• SUPPLIED MATERIAL:
◇ ◇ ◇ ◇

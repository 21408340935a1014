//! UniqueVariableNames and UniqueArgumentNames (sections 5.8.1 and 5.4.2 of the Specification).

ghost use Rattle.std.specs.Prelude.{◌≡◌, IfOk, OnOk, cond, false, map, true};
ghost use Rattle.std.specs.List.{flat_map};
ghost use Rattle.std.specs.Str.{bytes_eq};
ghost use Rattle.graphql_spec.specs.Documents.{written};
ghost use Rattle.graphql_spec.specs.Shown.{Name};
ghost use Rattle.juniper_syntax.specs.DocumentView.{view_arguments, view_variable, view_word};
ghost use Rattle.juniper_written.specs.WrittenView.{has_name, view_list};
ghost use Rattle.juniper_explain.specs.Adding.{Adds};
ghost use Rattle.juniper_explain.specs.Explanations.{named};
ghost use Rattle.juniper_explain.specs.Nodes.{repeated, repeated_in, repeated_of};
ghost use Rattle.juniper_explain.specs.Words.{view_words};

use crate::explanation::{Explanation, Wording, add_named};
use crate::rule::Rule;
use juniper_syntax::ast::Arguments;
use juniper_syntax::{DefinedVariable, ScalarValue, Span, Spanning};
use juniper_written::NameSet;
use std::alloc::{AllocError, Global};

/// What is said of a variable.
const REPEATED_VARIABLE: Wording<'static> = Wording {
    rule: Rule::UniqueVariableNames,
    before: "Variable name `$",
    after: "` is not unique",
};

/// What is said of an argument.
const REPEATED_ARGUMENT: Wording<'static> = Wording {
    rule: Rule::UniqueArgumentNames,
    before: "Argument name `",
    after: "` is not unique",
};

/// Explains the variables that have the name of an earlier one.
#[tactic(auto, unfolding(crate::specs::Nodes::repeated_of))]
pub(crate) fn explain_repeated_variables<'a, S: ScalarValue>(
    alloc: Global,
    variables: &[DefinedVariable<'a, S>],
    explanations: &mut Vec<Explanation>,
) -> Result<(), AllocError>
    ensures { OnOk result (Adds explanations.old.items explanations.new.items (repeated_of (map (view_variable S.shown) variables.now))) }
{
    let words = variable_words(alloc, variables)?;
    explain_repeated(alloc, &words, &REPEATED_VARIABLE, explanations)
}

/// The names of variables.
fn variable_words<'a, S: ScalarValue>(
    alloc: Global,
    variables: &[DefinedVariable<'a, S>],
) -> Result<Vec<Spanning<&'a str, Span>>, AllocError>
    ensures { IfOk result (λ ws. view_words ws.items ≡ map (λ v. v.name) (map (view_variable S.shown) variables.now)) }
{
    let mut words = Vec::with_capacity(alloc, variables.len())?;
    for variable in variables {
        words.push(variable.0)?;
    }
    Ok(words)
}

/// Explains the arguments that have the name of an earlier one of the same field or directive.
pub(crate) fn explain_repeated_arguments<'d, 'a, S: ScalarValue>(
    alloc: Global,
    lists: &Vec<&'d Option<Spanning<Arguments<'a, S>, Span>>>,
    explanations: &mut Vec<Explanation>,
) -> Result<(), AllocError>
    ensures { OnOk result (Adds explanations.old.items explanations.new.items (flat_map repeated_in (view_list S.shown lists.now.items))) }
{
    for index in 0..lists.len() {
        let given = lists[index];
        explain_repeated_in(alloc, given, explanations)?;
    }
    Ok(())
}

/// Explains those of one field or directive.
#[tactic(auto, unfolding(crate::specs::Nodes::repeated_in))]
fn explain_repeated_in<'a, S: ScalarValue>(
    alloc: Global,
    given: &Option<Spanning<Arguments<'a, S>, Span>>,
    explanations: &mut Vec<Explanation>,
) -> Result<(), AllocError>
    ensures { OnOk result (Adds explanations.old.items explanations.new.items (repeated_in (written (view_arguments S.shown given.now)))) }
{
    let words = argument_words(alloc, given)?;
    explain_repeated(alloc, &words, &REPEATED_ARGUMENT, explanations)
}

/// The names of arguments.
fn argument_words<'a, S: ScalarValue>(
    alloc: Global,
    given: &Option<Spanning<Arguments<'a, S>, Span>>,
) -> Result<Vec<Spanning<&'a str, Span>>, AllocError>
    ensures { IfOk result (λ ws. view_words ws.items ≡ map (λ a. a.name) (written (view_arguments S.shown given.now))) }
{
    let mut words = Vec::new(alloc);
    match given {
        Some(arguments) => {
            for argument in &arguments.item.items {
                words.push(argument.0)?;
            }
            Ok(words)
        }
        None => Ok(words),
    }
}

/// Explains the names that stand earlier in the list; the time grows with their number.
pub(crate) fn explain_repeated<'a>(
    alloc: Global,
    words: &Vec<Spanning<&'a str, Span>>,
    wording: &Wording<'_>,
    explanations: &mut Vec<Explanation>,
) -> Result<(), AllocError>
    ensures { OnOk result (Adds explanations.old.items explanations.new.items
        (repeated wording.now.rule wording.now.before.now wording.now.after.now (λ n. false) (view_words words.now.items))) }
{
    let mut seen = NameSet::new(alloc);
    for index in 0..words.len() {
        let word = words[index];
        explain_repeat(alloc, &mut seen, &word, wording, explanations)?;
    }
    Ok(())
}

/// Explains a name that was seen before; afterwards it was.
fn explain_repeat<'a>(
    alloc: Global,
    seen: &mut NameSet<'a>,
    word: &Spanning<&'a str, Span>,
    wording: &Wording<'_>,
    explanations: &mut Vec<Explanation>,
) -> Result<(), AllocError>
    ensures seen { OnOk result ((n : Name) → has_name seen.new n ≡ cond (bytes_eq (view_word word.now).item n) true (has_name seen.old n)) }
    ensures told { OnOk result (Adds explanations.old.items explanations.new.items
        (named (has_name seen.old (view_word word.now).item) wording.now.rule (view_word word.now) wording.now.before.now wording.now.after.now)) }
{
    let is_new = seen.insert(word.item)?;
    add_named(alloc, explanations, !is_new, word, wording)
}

◇ ◇ ◇ ◇

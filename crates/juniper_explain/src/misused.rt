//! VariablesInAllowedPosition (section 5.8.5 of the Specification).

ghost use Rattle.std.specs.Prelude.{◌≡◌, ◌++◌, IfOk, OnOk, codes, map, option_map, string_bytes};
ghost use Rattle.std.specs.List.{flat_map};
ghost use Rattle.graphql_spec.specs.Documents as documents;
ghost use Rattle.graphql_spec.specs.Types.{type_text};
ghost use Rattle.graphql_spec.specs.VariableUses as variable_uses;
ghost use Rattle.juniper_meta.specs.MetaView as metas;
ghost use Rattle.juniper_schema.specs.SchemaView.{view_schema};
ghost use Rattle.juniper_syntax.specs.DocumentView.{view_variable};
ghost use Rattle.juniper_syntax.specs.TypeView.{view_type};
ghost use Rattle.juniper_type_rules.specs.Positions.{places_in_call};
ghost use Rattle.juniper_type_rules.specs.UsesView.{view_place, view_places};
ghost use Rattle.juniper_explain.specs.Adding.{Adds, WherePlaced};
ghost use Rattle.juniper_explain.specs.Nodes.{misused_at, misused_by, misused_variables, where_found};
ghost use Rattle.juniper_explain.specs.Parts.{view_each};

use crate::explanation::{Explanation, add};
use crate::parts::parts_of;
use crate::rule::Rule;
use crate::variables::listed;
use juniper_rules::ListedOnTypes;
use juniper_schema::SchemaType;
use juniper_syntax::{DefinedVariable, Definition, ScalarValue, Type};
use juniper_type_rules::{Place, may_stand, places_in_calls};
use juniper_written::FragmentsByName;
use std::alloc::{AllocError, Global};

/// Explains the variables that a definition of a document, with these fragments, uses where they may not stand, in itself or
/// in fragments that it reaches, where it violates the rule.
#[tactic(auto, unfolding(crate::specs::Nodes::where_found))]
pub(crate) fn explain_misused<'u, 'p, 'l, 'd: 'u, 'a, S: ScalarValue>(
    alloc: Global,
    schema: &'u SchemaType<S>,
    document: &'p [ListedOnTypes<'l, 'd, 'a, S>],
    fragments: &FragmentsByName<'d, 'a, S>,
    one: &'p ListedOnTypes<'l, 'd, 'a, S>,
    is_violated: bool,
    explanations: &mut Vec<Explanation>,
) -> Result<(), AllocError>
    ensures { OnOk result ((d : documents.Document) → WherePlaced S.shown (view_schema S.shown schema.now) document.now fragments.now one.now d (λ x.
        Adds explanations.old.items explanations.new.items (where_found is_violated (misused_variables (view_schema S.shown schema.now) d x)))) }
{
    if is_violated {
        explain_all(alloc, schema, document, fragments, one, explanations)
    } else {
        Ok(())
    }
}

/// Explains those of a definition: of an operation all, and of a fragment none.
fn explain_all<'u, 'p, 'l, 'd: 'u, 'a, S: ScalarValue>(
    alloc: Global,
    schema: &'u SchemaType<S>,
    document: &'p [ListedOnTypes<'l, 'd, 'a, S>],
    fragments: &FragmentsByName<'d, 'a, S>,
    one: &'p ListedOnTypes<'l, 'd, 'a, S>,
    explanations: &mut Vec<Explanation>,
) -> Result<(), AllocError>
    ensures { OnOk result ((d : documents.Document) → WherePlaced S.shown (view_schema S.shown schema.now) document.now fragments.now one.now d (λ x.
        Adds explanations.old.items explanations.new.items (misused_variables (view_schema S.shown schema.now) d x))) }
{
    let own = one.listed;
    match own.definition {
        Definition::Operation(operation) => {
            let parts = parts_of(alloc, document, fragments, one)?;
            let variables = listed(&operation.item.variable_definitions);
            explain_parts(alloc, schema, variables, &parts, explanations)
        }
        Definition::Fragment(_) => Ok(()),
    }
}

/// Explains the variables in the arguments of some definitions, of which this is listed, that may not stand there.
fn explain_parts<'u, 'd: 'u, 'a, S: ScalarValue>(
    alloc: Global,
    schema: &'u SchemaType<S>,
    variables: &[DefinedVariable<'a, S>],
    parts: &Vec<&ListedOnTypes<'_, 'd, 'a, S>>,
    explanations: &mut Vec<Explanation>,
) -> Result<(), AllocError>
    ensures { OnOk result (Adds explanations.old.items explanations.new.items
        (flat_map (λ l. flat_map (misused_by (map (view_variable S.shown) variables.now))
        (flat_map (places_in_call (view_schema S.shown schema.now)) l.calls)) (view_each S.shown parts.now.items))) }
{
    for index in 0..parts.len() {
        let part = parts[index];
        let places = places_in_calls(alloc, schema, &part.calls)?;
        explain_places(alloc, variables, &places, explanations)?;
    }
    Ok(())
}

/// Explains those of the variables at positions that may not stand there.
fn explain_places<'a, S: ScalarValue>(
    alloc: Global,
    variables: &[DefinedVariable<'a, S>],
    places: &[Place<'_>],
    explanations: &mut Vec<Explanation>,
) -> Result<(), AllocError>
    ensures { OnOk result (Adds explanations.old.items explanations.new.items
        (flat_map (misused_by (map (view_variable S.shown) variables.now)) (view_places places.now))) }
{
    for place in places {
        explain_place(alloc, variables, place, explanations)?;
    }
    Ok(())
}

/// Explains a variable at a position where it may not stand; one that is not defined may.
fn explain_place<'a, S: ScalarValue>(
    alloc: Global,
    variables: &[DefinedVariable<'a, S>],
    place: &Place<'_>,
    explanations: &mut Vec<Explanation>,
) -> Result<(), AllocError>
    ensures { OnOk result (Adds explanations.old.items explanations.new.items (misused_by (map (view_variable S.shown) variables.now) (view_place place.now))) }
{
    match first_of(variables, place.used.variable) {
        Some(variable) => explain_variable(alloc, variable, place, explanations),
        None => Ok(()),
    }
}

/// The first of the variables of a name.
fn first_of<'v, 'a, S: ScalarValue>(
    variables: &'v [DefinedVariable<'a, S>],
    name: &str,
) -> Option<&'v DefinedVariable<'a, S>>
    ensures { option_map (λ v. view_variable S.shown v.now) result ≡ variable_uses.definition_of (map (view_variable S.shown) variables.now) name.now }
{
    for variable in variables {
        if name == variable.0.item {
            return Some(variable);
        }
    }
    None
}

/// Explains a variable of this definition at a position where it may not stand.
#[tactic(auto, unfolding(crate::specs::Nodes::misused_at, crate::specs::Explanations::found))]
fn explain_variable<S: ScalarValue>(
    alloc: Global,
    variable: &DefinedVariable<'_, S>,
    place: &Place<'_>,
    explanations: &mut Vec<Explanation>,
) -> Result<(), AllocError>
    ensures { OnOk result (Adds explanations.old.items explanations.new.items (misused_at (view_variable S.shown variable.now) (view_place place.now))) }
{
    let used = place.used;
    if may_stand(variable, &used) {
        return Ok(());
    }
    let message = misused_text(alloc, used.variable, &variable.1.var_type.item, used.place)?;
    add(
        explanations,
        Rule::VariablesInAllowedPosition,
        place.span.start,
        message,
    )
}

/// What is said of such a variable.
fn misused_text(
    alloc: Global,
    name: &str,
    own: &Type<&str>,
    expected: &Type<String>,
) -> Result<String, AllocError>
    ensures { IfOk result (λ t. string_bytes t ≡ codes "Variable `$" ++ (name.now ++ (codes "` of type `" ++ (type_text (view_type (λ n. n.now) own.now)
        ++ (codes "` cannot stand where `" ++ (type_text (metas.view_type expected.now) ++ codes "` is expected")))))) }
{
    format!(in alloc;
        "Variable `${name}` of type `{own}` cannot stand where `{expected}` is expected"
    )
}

◇ ◇ ◇ ◇

• TASK ITEM:
In the records above, collect each line with "auto".

• OUTPUT OF THE EXERCISE:
#[tactic(auto, unfolding(crate::specs::Nodes::repeated_of))]
#[tactic(auto, unfolding(crate::specs::Nodes::repeated_in))]
#[tactic(auto, unfolding(crate::specs::Nodes::where_found))]
#[tactic(auto, unfolding(crate::specs::Nodes::misused_at, crate::specs::Explanations::found))]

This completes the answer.